Expuesta con un aire
extremadamente nostálgico, Rayuela dispara en el lector la fascinación por una ciudad totalmente ajena a los
catálogos de turismo, y de la
frivolidad con la que la gente ignorante suele ver a
Paris; esta es una ciudad que
interactúa por medio de sus personajes con
Buenos aires, con
Montevideo, esta es un Paris de latinos de asiáticos, interracial, cosmopolita por naturaleza que sufre hondamente su realidad, donde cuesta separa la paja del trigo solo bajo las luces de neón, y donde es obvio que el aceite no se mezcla con el agua.
RAYUELA es una novela
claramente filosófica existencialista, que indaga sobre todos los cuestionamientos que cualquier hombre se hace en algún momento de su vida, y a los cuales responde a veces de forma pueril, ridícula o ingenua; otras sumamente lógicas, profundas, y donde las mas de las veces, las conclusiones son triste. Por momentos la novela sabe a vació, pero la complejidad de la personalidad de los personajes, genera un
efecto psicológico agradable en el lector.

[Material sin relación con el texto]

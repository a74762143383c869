// The bias cache over a lent list of entry structs. What it does is by value, and asks crate cache.
#![tactic(auto)]

ghost use Rattle.std.specs.Prelude.{◌≡◌, ◌&&◌, length, map, position};
ghost use Rattle.std.specs.Option.{option_or};
ghost use Rattle.bits.specs.Outcome.{outcome};
ghost use Rattle.cache.specs.Cache.{value, blank, entry_of, free, has_key, fits_key, fits_value, fits, Store, Remove, Lookup, admitted, step};
ghost use Rattle.cache.specs.Answers.{key_of as cache_key_of, told_admitted, told_found};
ghost use Rattle.entries.specs.Entries.{numbers_of, key_of, value_of, told_answer};

use bits::refusal::Refusal;
use cache::cache::{Key, Value};

// An entry: 1 if it is in use or 0 if it is free, its key, its IOD, and its bias in 16 bits of two's complement.
#[repr(C)]
#[derive(Clone, Copy)]
pub struct Entry {
    pub in_use: u16,
    pub provider: u16,
    pub solution: u16,
    pub satellite: u16,
    pub signal: u16,
    pub iod: u16,
    pub bias: u16,
}

// Stores the value of e under its key: over the first entry with the key, else in the first free one. Whether e says that
// it is in use does not matter.
pub fn store(s: &mut [Entry], e: Entry) -> Result<(), Refusal>
    ensures { outcome (told_answer result) (map numbers_of s.new) ≡ step (Store (key_of e) (value_of e)) (map numbers_of s.old) }
{
    admit(s, fits(e))?;
    let Some(i) = place_for(s, e) else {
        return Err(Refusal::Full);
    };
    s[i] = used(e);
    Ok(())
}

// Frees the first entry with the key of e.
pub fn remove(s: &mut [Entry], e: Entry) -> Result<(), Refusal>
    ensures { outcome (told_answer result) (map numbers_of s.new) ≡ step (Remove (key_of e)) (map numbers_of s.old) }
{
    admit(s, cache::cache::fits_key(key_of(e)))?;
    let Some(i) = place(s, e) else {
        return Err(Refusal::Absent);
    };
    s[i] = vacated();
    Ok(())
}

// The value of the first entry with the key of e.
pub fn lookup(s: &[Entry], e: Entry) -> Result<Value, Refusal>
    ensures { outcome (told_found result) (map numbers_of s.now) ≡ step (Lookup (key_of e)) (map numbers_of s.now) }
{
    admit(s, cache::cache::fits_key(key_of(e)))?;
    match place(s, e) {
        Some(i) => Ok(value_of(s[i])),
        None => Err(Refusal::Absent),
    }
}

// What every call refuses first: a list of more than 512 entries, then a number outside its field.
fn admit(s: &[Entry], fits: bool) -> Result<(), Refusal>
    ensures { told_admitted result ≡ admitted (length s.now) fits }
{
    cache::cache::admit(s.len(), fits)
}

// Where e is stored: the first place with its key, else the first free one. The three searches are those of cache, where an
// element is the array of numbers that C lends.
fn place_for(s: &[Entry], e: Entry) -> Option<usize>
    ensures { result ≡ option_or (position (λ x. has_key (key_of e) (numbers_of x)) s.now) (position (λ x. free (numbers_of x)) s.now) }
{
    place(s, e).or_else(|| vacant(s))
}

// The first place with the key of e.
fn place(s: &[Entry], e: Entry) -> Option<usize>
    ensures { result ≡ position (λ x. has_key (key_of e) (numbers_of x)) s.now }
{
    s.iter()
        .position(|x| cache::cache::has_key(numbers(*x), numbers(e)))
}

// The first free place.
fn vacant(s: &[Entry]) -> Option<usize>
    ensures { result ≡ position (λ x. free (numbers_of x)) s.now }
{
    s.iter().position(|x| x.in_use == 0)
}

// Whether the key and the value of e lie within their message fields.
fn fits(e: Entry) -> bool
    ensures { result ≡ fits (Store (key_of e) (value_of e)) }
{
    let value = value_of(e);
    cache::cache::fits_key(key_of(e)) && cache::cache::fits_value(value.iod, value.bias)
}

fn key_of(e: Entry) -> Key
    ensures { cache_key_of result ≡ key_of e }
{
    Key {
        provider: u32::from(e.provider),
        solution: u32::from(e.solution),
        satellite: u32::from(e.satellite),
        signal: u32::from(e.signal),
    }
}

fn value_of(e: Entry) -> Value
    ensures { value result.iod result.bias ≡ value_of e }
{
    Value {
        iod: u32::from(e.iod),
        bias: cache::cache::widened(e.bias),
    }
}

// The entry, in use.
fn used(e: Entry) -> Entry
    ensures { numbers_of result ≡ entry_of (key_of e) (value_of e) }
{
    Entry { in_use: 1, ..e }
}

// A freed entry.
fn vacated() -> Entry
    ensures { numbers_of result ≡ blank }
{
    Entry {
        in_use: 0,
        provider: 0,
        solution: 0,
        satellite: 0,
        signal: 0,
        iod: 0,
        bias: 0,
    }
}

// The seven numbers of an entry.
fn numbers(e: Entry) -> [u16; 7]
    ensures { result ≡ numbers_of e }
{
    [
        e.in_use,
        e.provider,
        e.solution,
        e.satellite,
        e.signal,
        e.iod,
        e.bias,
    ]
}
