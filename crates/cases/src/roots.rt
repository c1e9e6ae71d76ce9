// The numbers of the root formulas.
ghost use Rattle.std.specs.Prelude.{◌≡◌, ℕ, ◌+◌, ◌<◌, ◌≤◌, true, ◌&&◌, [], length, IfOk, if◌then◌else◌, None, vec_len, vec_capacity, nat_lt, slice_index};
ghost use Rattle.tables.specs.Sets.{member};
ghost use Rattle.tables.specs.Rows.{bit};
ghost use Rattle.cases.specs.Roots.{contains, noted, none_twice, plain, smaller, least_failing};

use std::alloc::{AllocError, Global};
use tables::{Number, Rows, Sequent};

// A root formula for each clause that may be taken, and one for a property that is wanting.
pub const MOST_ROOTS: usize = 41;

// Root formulas: those that a run must satisfy. Each number stands once, in the order of the clauses; a set of std's would
// ask for memory at each number.
#[derive(Drop)]
pub struct Roots {
    numbers: Vec<Number>,
    ghost room: { 41 ≤ vec_capacity numbers },
    ghost once: { none_twice (plain numbers.items) ≡ true },
}

impl Roots {
    pub fn new(heap: Global) -> Result<Roots, AllocError>
        ensures { IfOk result (λ s. s.numbers.items ≡ []) }
    {
        let numbers = Vec::with_capacity(heap, MOST_ROOTS)?;
        Ok(Roots { numbers })
    }

    pub fn len(&self) -> usize
        ensures { result ≡ length (plain self.now.numbers.items) }
    {
        self.numbers.len()
    }

    pub fn contains(&self, number: Number) -> bool
        ensures { result ≡ contains (plain self.now.numbers.items) number.0 }
    {
        self.numbers.iter().any(|known| known.0 == number.0)
    }

    // The numbers as a set.
    pub(crate) fn sequent(&self) -> Sequent
        ensures { (k : ℕ) → member result k ≡ (nat_lt k 512 && contains (plain self.now.numbers.items) k) }
    {
        let mut set = Sequent::empty();
        for number in self.numbers.iter() {
            set = set.with(*number);
        }
        set
    }

    // Adds a number, unless it is there.
    pub(crate) fn note(&mut self, number: Number)
        requires { vec_len self.old.numbers < 41 }
        ensures { plain self.new.numbers.items ≡ noted (plain self.old.numbers.items) number.0 }
    {
        if !self.contains(number) {
            self.numbers.push_reserved(number);
        }
    }

    // The smallest number whose row lacks position 0.
    pub(crate) fn least_false(&self, rows: &Rows) -> Option<usize>
        ensures { result ≡ least_failing (λ n. bit (slice_index rows.now.words n) 0) None (plain self.now.numbers.items) }
    {
        self.numbers
            .iter()
            .filter(|number| !rows.holds_first(**number))
            .map(|number| number.0 as usize)
            .min()
    }
}
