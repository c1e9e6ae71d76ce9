// Drafts and cases.
ghost use Rattle.std.specs.Prelude.{◌≡◌, ◌≤◌, true, [], map, length, vec_len, vec_capacity};
ghost use Rattle.tables.specs.Listing.{formulas};
ghost use Rattle.tables.specs.Sets.{member};
ghost use Rattle.cases.specs.Good.{Good};
ghost use Rattle.cases.specs.Recordings.{run_model};
ghost use Rattle.cases.specs.Roots.{all_below, plain};

mod calls;
mod recording;
mod runs;
mod steps;

use super::recorder::Recorder;
use super::roots::Roots;
pub use recording::record;
pub use steps::verdicts;
use tables::{Sequent, Table};
use texts::Syntax;

// How many clauses a draft takes.
pub const MOST_CLAUSES: usize = 40;

// How many steps a case takes.
pub const MOST_STEPS: usize = 400;

// A draft takes the clauses of a case: how a run starts, what stays true, how one moment leads to the next,
// and at most one property. Sealing turns it into a case.
#[derive(Drop)]
pub struct Draft<K> {
    kit: K,
    table: Table,
    syntax: Syntax,
    roots: Roots,
    steps: Vec<Sequent>,
    clauses: usize,
    property: bool,
    ghost room: { 400 ≤ vec_capacity steps },
    ghost none: { steps.items ≡ [] },
    ghost few: { clauses ≤ 40 },
    ghost rooted: { vec_len roots.numbers ≤ clauses },
    ghost inside: { all_below (length (formulas table.shapes.items)) (plain roots.numbers.items) ≡ true },
}

// A case: a draft that is sealed. It takes evidence for or against the property. What both hold stands in both: a struct
// of it would repeat the clauses of each part's methods.
#[derive(Drop)]
pub struct Case<K> {
    kit: K,
    table: Table,
    syntax: Syntax,
    roots: Roots,
    steps: Vec<Sequent>,
    run: Recorder,
    ghost room: { 400 ≤ vec_capacity steps },
    ghost few: { vec_len steps ≤ 400 },
    ghost inside: { all_below (length (formulas table.shapes.items)) (plain roots.numbers.items) ≡ true },
    ghost good: { ∥ Good (record { case = record { formulas = formulas table.shapes.items; roots = plain roots.numbers.items; run = run_model run }; steps = map member steps.items }) ∥₁ },
}
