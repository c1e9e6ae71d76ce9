// Drafts, which take clauses, and cases, which take evidence.
#![tactic(auto)]

mod call;
mod draft;
mod faults;
mod kind;
mod recorder;
mod roots;
mod verdict;

pub use call::{Call, Entry, StepCall};
pub use draft::{Case, Draft, record, verdicts};
pub use faults::{CallFault, CaseFault};
pub use kind::ClauseKind;
pub use recorder::Event;
pub use verdict::Verdict;
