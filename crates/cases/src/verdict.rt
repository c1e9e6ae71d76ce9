// Verdicts.
ghost use Rattle.std.specs.Prelude.{◌≡◌};
ghost use Rattle.cases.specs.Verdicts.{verdict_number};

// What a case says of its property.
#[derive(Clone, Copy)]
pub enum Verdict {
    // Neither yet.
    Undecided,
    // No looping run satisfies every root formula.
    Holds,
    // The recorded run satisfies every root formula.
    Counterexample,
}

// The number that a verdict is answered by.
impl From<Verdict> for usize {
    ghost from_gives = { λ v n. n ≡ verdict_number v };

    fn from(verdict: Verdict) -> usize {
        match verdict {
            Verdict::Undecided => 0,
            Verdict::Holds => 1,
            Verdict::Counterexample => 2,
        }
    }
}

Esta novela es indudablemente un
imprescindible de la literatura del siglo XX, y solo Dios sabe y quizás, tal vez, también algún miembro de la
Academia de Estocolmo, porque no le dieron el
Nóbel a Cortazar. La trama de la novela es
infinita, y es posible releerla siempre, yo encontré en ella una que me gusta, y que me ha generado una pregunta, ¿en donde estará Sofía?... seguramente tu encontraras la tuya, y nunca dejaras de leer este libro;
“paf se acabó”.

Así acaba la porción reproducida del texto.